LDT Component Regulation
According to the letter, another point frequently raised by proponents of maintaining dual regulatory systems for IVDs and LDTs is the role of FDA in regulating LDT components. IVD manufacturers make many components that labs use to produce LDTs. These components are produced under quality systems, meaning labs that use them have greater assurance of making a higher quality test. While that is a good thing, the test is still something new, a combination of many components used in a specific way. Moreover, because the test is an LDT, it is not subject to FDA review. Conversely, if non-lab manufacturers did the exact same thing as labs (i.e., assembled the same components to make a specific test), they would be creating a Class II or III medical device subject to extensive premarket review requirements.

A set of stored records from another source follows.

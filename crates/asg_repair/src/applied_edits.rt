//! Edits, applied to what a session holds.

ghost use Rattle.std.specs.Prelude.{◌≡◌, ◌≤◌, None, Some, ℕ, IfOk, OnErr, OnOk, length, take, true};
ghost use Rattle.asg_model.specs.Edits.{edited, refusal_of};
ghost use Rattle.asg_model.specs.Shapes.{square_side};
ghost use Rattle.asg_proof.specs.KeptPhases.{AreKept};
ghost use Rattle.asg_proof.specs.Phases.{AreAdmittedPhases};
ghost use Rattle.asg_kept_phases.specs.Mended.{IsLedBut};
ghost use Rattle.asg_kept_phases.specs.NamedPlaces.{places_of, HasColumnsOf};
ghost use Rattle.asg_repair.specs.ClearedRows.{IsClearedOf};
ghost use Rattle.asg_kept_phases.specs.PhaseChains.{phases_in, IsCutTo, IsPhaseChain, IsPrepared};
ghost use Rattle.asg_repair.specs.Sessions.{IsSized};
ghost use Rattle.asg_kept_phases.specs.Led.{IsLed, MaySolve};
ghost use Rattle.asg_square.specs.Cells.{square_cell};

use crate::NoMemory;
use crate::cleared_rows::clear_named;
use crate::works::Work;
use asg_kept_phases::{NamedPlaces, PhaseChain, follow, kept_through};
use asg_model::{Edit, Instance};
use asg_order::{Kind, Ordered};
use asg_square::Square;
use std::alloc::AllocError;

// Applies an edit that isn't refused to an instance. The error is want of memory, and then the
// instance is as it was.
fn apply_to<K: Kind>(kind: &K, inst: &mut Instance, edit: Edit) -> Result<(), NoMemory>
    requires { refusal_of (K.objective kind.now) inst.old edit ≡ None }
    ensures edited { OnOk result (inst.new ≡ edited inst.old edit) }
    ensures kept { OnErr result (inst.new ≡ inst.old) }
{
    match inst.edit(kind.objective(), edit) {
        Ok(()) => Ok(()),
        Err(_) => Err(AllocError),
    }
}

/// Applies an edit that isn't refused to an instance, after all else for which a session takes
/// memory: how many of the phases are kept, as the longest prefix that is admitted from the square
/// of the edited instance. A square tells what the columns are copies of. The error is want of
/// memory, and then the instance is as it was. The phases stay the same.
pub(crate) fn edit_instance<K: Kind>(
    kind: &K,
    inst: &mut Instance,
    square: &Square<<K::M as Ordered>::Value>,
    phases: &mut PhaseChain<<K::M as Ordered>::Value>,
    edit: Edit,
    places: NamedPlaces,
) -> Result<u32, NoMemory>
    requires may_solve { MaySolve (K.M.monoid_of (K.monoid kind.now)) (K.entered kind.now)
        (K.objective kind.now) (K.reach kind.now) inst.old }
    requires columns { HasColumnsOf inst.old square.now }
    requires chain { IsPhaseChain phases.old }
    requires region_side { phases.old.region.side ≡ square_side inst.old }
    requires admitted { AreAdmittedPhases (K.M.monoid_of (K.monoid kind.now))
        (K.M.difference (K.monoid kind.now)) (square_side inst.old) (phases_in phases.old)
        (square_cell inst.old (K.M.monoid_of (K.monoid kind.now)).unit (K.entered kind.now)) }
    requires passes { refusal_of (K.objective kind.now) inst.old edit ≡ None }
    requires places { places ≡ places_of inst.old edit }
    ensures prepared { IsPrepared phases.old phases.new }
    ensures edited { OnOk result (inst.new ≡ edited inst.old edit) }
    ensures kept { IfOk result (AreKept (K.M.monoid_of (K.monoid kind.now))
        (K.M.difference (K.monoid kind.now)) (square_side inst.old) (phases_in phases.new)
        (square_cell (edited inst.old edit) (K.M.monoid_of (K.monoid kind.now)).unit
        (K.entered kind.now))) }
    ensures told { OnOk result (phases.new.is_told ≡ true) }
    ensures spare { OnOk result (square_side inst.old ≤ phases.new.region.spare) }
    ensures unchanged { OnErr result (inst.new ≡ inst.old) }
{
    phases.prepare(inst.side())?;
    let kept = kept_through(kind, inst, square, phases, edit, places);
    apply_to(kind, inst, edit)?;
    Ok(kept)
}

/// Follows an edit of the instance that was applied: each row whose cell the edit names loses its
/// column, the phases are cut to so many, and where all phases are kept that led to the square, the
/// cells that the edit names are made those of the instance after the phases. Whether the square is
/// led by the phases then. It takes no memory.
pub(crate) fn follow_edit<K: Kind>(
    kind: &K,
    inst: &Instance,
    work: &mut Work<<K::M as Ordered>::Value>,
    phases: &mut PhaseChain<<K::M as Ordered>::Value>,
    places: NamedPlaces,
    kept: u32,
    stays: bool,
) -> bool
    requires may_solve { MaySolve (K.M.monoid_of (K.monoid kind.now)) (K.entered kind.now)
        (K.objective kind.now) (K.reach kind.now) inst.now }
    requires sized { IsSized inst.now work.old }
    requires chain { IsPhaseChain phases.old }
    requires told { phases.old.is_told ≡ true }
    requires few { kept ≤ length (phases_in phases.old) }
    requires region_side { phases.old.region.side ≡ square_side inst.now }
    requires led { stays ≡ true → (q : ℕ) → places.column ≡ Some q
        → IsLedBut (K.M.monoid_of (K.monoid kind.now)) (K.M.difference (K.monoid kind.now))
        (K.entered kind.now) inst.now (take kept (phases_in phases.old)) places.row q
        work.old.reduced }
    ensures sized { IsSized inst.now work.new }
    ensures cleared { IsClearedOf places work.old.reduced.now work.old.matching work.new.matching }
    ensures cut { IsCutTo kept phases.old phases.new }
    ensures only { result ≡ true → stays ≡ true }
    ensures led { result ≡ true
        → IsLed (K.M.monoid_of (K.monoid kind.now)) (K.M.difference (K.monoid kind.now))
        (K.entered kind.now) inst.now (phases_in phases.new) work.new.reduced }
{
    clear_named(places, &work.reduced.now, &mut work.matching);
    phases.cut(kept);
    follow(kind, inst, &mut work.reduced, phases, places, stays)
}
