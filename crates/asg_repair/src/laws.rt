//! Laws of sessions: each is the contract of a function that only calls laws.

ghost use Rattle.std.specs.Prelude.{◌≡◌, ◌<◌, ℕ, List, Option, length, slice_index};
ghost use Rattle.asg_admit.specs.declared.reduced.Reduced.{Reduced};
ghost use Rattle.asg_growth.specs.Growing.{IsAbsorbed};
ghost use Rattle.asg_match.specs.HallSets.{GivesHallSets};
ghost use Rattle.asg_match.specs.Matching.{IsPerfect, Matches};
ghost use Rattle.asg_model.specs.declared.bands.Band.TheVariants.{Whole};
ghost use Rattle.asg_model.specs.HallSet.{IsHall};
ghost use Rattle.asg_model.specs.ValidChoice.{IsValid};
ghost use Rattle.asg_order.specs.Bridge.{choice_fold};
ghost use Rattle.asg_proof.specs.PhaseProofs.{EntersValues, ProvesIndex};
ghost use Rattle.asg_square.specs.Grid.{cell_at, grid_choice, IsValidWithin};
ghost use Rattle.asg_kept_phases.specs.Led.{IsLed};
ghost use Rattle.asg_proof.specs.Phases.{PhaseOf};
ghost use Rattle.asg_model.specs.declared.parts.Cost.{Cost};
ghost use Rattle.asg_model.specs.Instances.{IsInstance};
ghost use Rattle.asg_model.specs.Problem.{Problem};
ghost use Rattle.asg_square.specs.Cells.{IsPresent};

use asg_algebra::laws::fold_law;
use asg_order::DMonoid;
use asg_square::laws::{grid_law, square_law};

/// The led law: where phases lead from the square of an instance to one in which a matching gives
/// every row an absorbed cell, the choice of its columns is valid and its fold is the index; and
/// rows that are deficient there give a Hall set of the whole instance.
pub fn led_law<M: DMonoid>(m: &M)
    ensures best { let monoid = M.monoid_of m.now in
        (enter : Cost → M.Value) (X : Problem) (phases : List (PhaseOf M.Value))
        (reduced : Reduced M.Value) (matching choice : List (Option ℕ)) (p : List ℕ)
        → IsInstance X
        → EntersValues monoid enter X
        → IsLed monoid (M.difference m.now) enter X phases reduced
        → IsPerfect (IsAbsorbed monoid reduced.index (cell_at reduced.now)) reduced.now.side
        matching
        → length p ≡ length matching
        → ((r : ℕ) → r < length matching → Matches matching r (slice_index p r))
        → choice ≡ grid_choice reduced.now p
        → IsValidWithin reduced.now choice
        → IsValid X choice × ProvesIndex monoid (M.difference m.now) enter X phases
        (choice_fold monoid enter X choice) }
    ensures nothing { let monoid = M.monoid_of m.now in
        (enter : Cost → M.Value) (X : Problem) (phases : List (PhaseOf M.Value))
        (reduced : Reduced M.Value) (ids : List ℕ)
        → IsLed monoid (M.difference m.now) enter X phases reduced
        → GivesHallSets X (IsPresent (cell_at reduced.now)) ids
        → IsHall X Whole ids }
{
    fold_law(m);
    square_law::<M::Value>();
    grid_law::<M::Value>();
}
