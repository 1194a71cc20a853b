//! Sessions: an instance that is edited and answered again and again.
//!
//! What an answer leaves is kept through an edit as far as it can be: the phases are admitted from
//! the edited square exactly as far as the cells that changed allow them, one cell at a time, so
//! that only these are replayed. Where cells were raised or removed all phases are kept, and every
//! row whose cell wasn't touched keeps its column; then one more tree serves the row that lost its
//! own. Else a prefix is kept: it is applied anew at the next answer, and each column is kept whose
//! cell is absorbed then. Where all phases are kept through an edit that names a column, the cells
//! that it touches are written into the reduced square at once, so that the next answer begins with
//! it; after other edits that square is made anew then. A session is opened by few phases that are
//! guessed (`asg_roots`). Where two rows or more lost their columns, it goes on by few that are
//! guessed again, where an answer is prepared, and else by those of the engine (`asg_algebra`).
//! Contracts see a session as its kind, its instance, its phases, the columns that rows are sure to
//! keep, and what was answered last.
#![tactic(auto)]

mod absorbed_cells;
mod answers;
mod applied_edits;
mod cleared_rows;
mod free_rows;
mod guessed_ends;
pub mod laws;
mod opening;
mod prepared_answers;
mod present_cells;
mod refilled_squares;
mod session_answers;
mod sessions;
mod works;

pub use answers::{Answered, Given};
pub use sessions::Session;

/// There was not enough memory.
pub type NoMemory = std::alloc::AllocError;
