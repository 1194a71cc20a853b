//! Rows that lose the columns whose cells an edit names.

ghost use Rattle.std.specs.Prelude.{◌≡◌, ◌<◌, ℕ, length};
ghost use Rattle.asg_match.specs.Matching.{Matches, IsMatching};
ghost use Rattle.asg_kept_phases.specs.NamedPlaces.{IsNamed, label_at};

use asg_kept_phases::{NamedPlaces, is_named};
use asg_match::Matching;
use asg_square::Square;

// Takes its column from a row whose cell stands for the places.
fn clear_row<V: Copy>(places: NamedPlaces, square: &Square<V>, matching: &mut Matching, r: u32)
    requires side { length matching.old ≡ square.now.side }
    requires row { r < square.now.side }
    ensures side { length matching.new ≡ length matching.old }
    ensures only { (s k : ℕ) → Matches matching.new s k → Matches matching.old s k }
    ensures others { (s k : ℕ) → Matches matching.old s k
        → (IsNamed places (label_at square.now) s k → ⊥) → Matches matching.new s k }
    ensures cleared { (k : ℕ) → Matches matching.new r k
        → IsNamed places (label_at square.now) r k → ⊥ }
{
    let _side = matching.side();
    match matching.column_of(r) {
        Some(k) => {
            if is_named(places, square, r, k) {
                matching.clear(r);
            }
        }
        None => {}
    }
}

/// Takes its column from each row whose cell stands for the places. It takes no memory.
pub(crate) fn clear_named<V: Copy>(places: NamedPlaces, square: &Square<V>, matching: &mut Matching)
    requires side { length matching.old ≡ square.now.side }
    ensures side { length matching.new ≡ length matching.old }
    ensures matching { IsMatching matching.new }
    ensures only { (r k : ℕ) → Matches matching.new r k → Matches matching.old r k }
    ensures kept { (r k : ℕ) → Matches matching.old r k
        → (IsNamed places (label_at square.now) r k → ⊥) → Matches matching.new r k }
    ensures cleared { (r k : ℕ) → Matches matching.new r k
        → IsNamed places (label_at square.now) r k → ⊥ }
{
    for r in 0..matching.side() {
        clear_row(places, square, matching, r);
    }
}
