// Slices of bytes: compared, taken in part, and written into.
#![tactic(auto)]

ghost use Rattle.std.specs.Prelude.{◌≡◌, take, drop};
ghost use Rattle.slices.specs.Slices as slices;
ghost use Rattle.slices.specs.Writers.{Puts};

use refusals::Refusal;

// Whether a and b hold the same bytes. The comparison is written out at its place; that of `==` is a call, for which names are too short.
pub fn same(a: &[u8], b: &[u8]) -> bool
    ensures { result ≡ slices.same a.now b.now }
{
    a.len() == b.len() && a.iter().zip(b).all(|(x, y)| x == y)
}

// So many bytes from a place on, as far as there are any.
pub fn part(s: &[u8], from: usize, len: usize) -> &[u8]
    ensures { result.now ≡ take len (drop from s.now) }
{
    let rest = &s[from.min(s.len())..];
    &rest[..len.min(rest.len())]
}

// Writes src into out from its place at, if there is room for all of it.
pub fn put(out: &mut [u8], at: usize, src: &[u8]) -> Result<usize, Refusal>
    ensures { Puts at src.now out.old out.new result }
{
    if out.len() < at || out.len() - at < src.len() {
        return Err(Refusal::Short);
    }
    // Compiled to memcpy; by copy_from_slice a library for C would need memmove from outside too.
    for (k, b) in src.iter().enumerate() {
        out[at + k] = *b;
    }
    Ok(at + src.len())
}
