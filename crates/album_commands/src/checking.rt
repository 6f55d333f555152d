//! The subcommand `check-data`: its arguments. `album` looks at the folder.

use crate::running::with_arg;
use crate::texts::{CHECK_DATA_ABOUT, CHECK_DATA_HELP};
use clap::{Arg, Command, value_parser};
use std::alloc::{AllocError, Global};

/// The subcommand `check-data`, with its arguments.
///
/// # Errors
///
/// `AllocError`, where there is no memory for it.
pub(crate) fn check_data_command<'a>(alloc: Global) -> Result<Command<'a>, AllocError> {
    let command = Command::new(alloc, "check-data")
        .about(CHECK_DATA_ABOUT)
        .after_help(CHECK_DATA_HELP);
    let command = with_arg(Ok(command), folder_arg(alloc));
    with_arg(command, repair_arg(alloc))
}

fn folder_arg<'a>(alloc: Global) -> Arg<'a> {
    Arg::new(alloc, "DIR")
        .help("A folder of a service that has ended")
        .required(true)
}

fn repair_arg<'a>(alloc: Global) -> Arg<'a> {
    Arg::new(alloc, "repair-to-line")
        .long("repair-to-line")
        .value_name("N")
        .help("Begins the next epoch on the first N lines of the log, and lets the others go")
        .value_parser(value_parser!(u64))
}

“However, if component level regulation is sufficient for labs, IVD manufacturers should be allowed to do what laboratories do: figure out ways to assemble components into new diagnostics for cancer, rare diseases, etc., and market them without FDA review,” said the letter. “Non-lab manufacturers are at least as expert in developing tests as high-complexity CLIA laboratories. Further, if component regulation is sufficient, a non-lab manufacturer should be able to help a laboratory design and/or validate a test method to ensure its proper operation. The end product would likely be even better than if the lab developed the test itself. Thus, if component regulation is sufficient for labs, there is no reasonable basis for restricting manufacturers from doing the same and assisting laboratories in this effort.”